DESCRIPTION OF THE TASK :: When the string "match" appears in a line of the records, show the whole line.

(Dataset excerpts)
[Start of Attachment]

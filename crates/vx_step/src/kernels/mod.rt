//! Kernels that are built in, as entries of a session.

mod bool_binary;
mod builtin;
mod dict_over_filter;

pub use builtin::{BuiltinKernel, BuiltinKernelKind, RegisteredBuiltinKernel, builtin_kernels};
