//! The rule of a function over a dictionary.

ghost use Rattle.std.specs.Prelude.{◌≡◌, IfOk, Some, None, true};
ghost use Rattle.vx_value.specs.Errors.{OnlyOutOfMemory};
ghost use Rattle.vx_tree.specs.Tree.{Tree, datum, is_dict};
ghost use Rattle.vx_tree.specs.Slots.{HasSlot};
ghost use Rattle.vx_tree.specs.Calls.{call_refusal, called};
ghost use Rattle.vx_rule.specs.Tags.{applies};
ghost use Rattle.vx_rule.specs.Builtins.{passes_dict, BuiltinAnswers};
ghost use Rattle.vx_rule.specs.DictFunctions.{AreAll, IsListOfValues};
ghost use Rattle.vx_rule.specs.declared.builtins.builtin.BuiltinKind.TheVariants.{DictFn};

use crate::nodes::{constant_like, dict_node, dict_parts, function_parts};
use crate::raw_node::RawNode;
use std::alloc::Global;
use vx_fn::ScalarFnRef;
use vx_tree::{ArrayRef, Constant, Dict, Encoding, IntoArray, ScalarFnArray};
use vx_value::VortexResult;

/// Returns the dictionary of the function of the values of `child`, which must be in `slot` of `parent`, if it is a dictionary, all other
/// arguments of `parent` are constants, and its function is a negation, a comparison or `between`. `None` exactly if not. Fails only with
/// `OutOfMemory`.
#[tactic(auto, using(crate::proofs::DictFunctionsLemmas::functions_quiet))]
pub(crate) fn answer(
    alloc: Global,
    child: &ArrayRef,
    parent: &ArrayRef,
    slot: usize,
) -> VortexResult<Option<RawNode>>
    requires { HasSlot slot child.now parent.now }
    ensures { BuiltinAnswers DictFn slot parent.now result }
{
    if !applies_passing(parent) || !child.is::<Dict>() {
        return Ok(None);
    }
    function_of_dict(alloc, child, parent, slot)
}

/// Returns whether `array` applies a function that passes to the values of a dictionary.
fn applies_passing(array: &ArrayRef) -> bool
    ensures { result ≡ applies passes_dict (datum array.now) }
{
    match array.encoding() {
        Encoding::ScalarFn(data) => passes_dict(&data.scalar_fn),
        _ => false,
    }
}

/// Returns whether `scalar_fn` passes to the values of a dictionary: a negation, a comparison or `between`.
fn passes_dict(scalar_fn: &ScalarFnRef) -> bool
    ensures { result ≡ passes_dict scalar_fn.now }
{
    match scalar_fn {
        ScalarFnRef::Not => true,
        ScalarFnRef::Binary(operator) => operator.is_comparison(),
        ScalarFnRef::Between(_) => true,
        _ => false,
    }
}

/// Returns the dictionary of the function of `parent` over the values of `child`, a dictionary in `slot` of `parent`. `None` exactly if
/// another argument isn't a constant. Fails only with `OutOfMemory`.
fn function_of_dict(
    alloc: Global,
    child: &ArrayRef,
    parent: &ArrayRef,
    slot: usize,
) -> VortexResult<Option<RawNode>>
    requires passes { applies passes_dict (datum parent.now) ≡ true }
    requires dict { is_dict (datum child.now) ≡ true }
    requires slot { HasSlot slot child.now parent.now }
    ensures { BuiltinAnswers DictFn slot parent.now result }
{
    let (scalar_fn, arguments) = function_parts(parent);
    let (codes, values) = dict_parts(child);
    let Some(arguments) = arguments_of_values(alloc, arguments, slot, values)? else {
        return Ok(None);
    };
    let call = call_of_values(alloc, scalar_fn, arguments, values.len())?;
    let tree = dict_node(alloc, codes.clone()?, call)?;
    let optimize = vec![in alloc; 1]?;
    Ok(Some(RawNode { tree, optimize }))
}

/// Makes the call of `scalar_fn` on `arguments` of `len` rows, which must not be refused. Fails only with `OutOfMemory`.
fn call_of_values(
    alloc: Global,
    scalar_fn: &ScalarFnRef,
    arguments: Vec<ArrayRef>,
    len: usize,
) -> VortexResult<ArrayRef>
    requires { call_refusal scalar_fn.now arguments.items len ≡ None }
    ensures ok { IfOk result (λ t. called scalar_fn.now arguments.items len ≡ Some t) }
    ensures err { OnlyOutOfMemory result }
{
    Ok(ScalarFnArray::try_new_with_len(alloc, scalar_fn.clone()?, arguments, len)?.into_array())
}

/// Returns `arguments` for the function of `values`: these in place of the tree in `slot`, and constants as long in place of constants.
/// `None` exactly if another argument isn't a constant. Fails only with `OutOfMemory`.
fn arguments_of_values(
    alloc: Global,
    arguments: &[Option<ArrayRef>],
    slot: usize,
    values: &ArrayRef,
) -> VortexResult<Option<Vec<ArrayRef>>>
    requires { AreAll arguments.now }
    ensures ok { IfOk result (IsListOfValues slot values.now arguments.now) }
    ensures err { OnlyOutOfMemory result }
{
    let mut children = Vec::with_capacity(alloc, arguments.len())?;
    for index in 0..arguments.len() {
        let argument = present(&arguments[index]);
        if index == slot {
            children.push(values.clone()?)?;
        } else if argument.is::<Constant>() {
            children.push(constant_like(alloc, argument, values.len())?)?;
        } else {
            return Ok(None);
        }
    }
    Ok(Some(children))
}

/// Returns the tree in `slot`, which must have one.
fn present(slot: &Option<ArrayRef>) -> &ArrayRef
    requires { (c : Tree) × (slot.now ≡ Some c) }
    ensures { slot.now ≡ Some result.now }
{
    let Some(child) = slot else { unreachable!() };
    child
}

[End of Attachment]

SOLUTION FOR THIS EXERCISE ::
    match array.encoding() {
    match scalar_fn {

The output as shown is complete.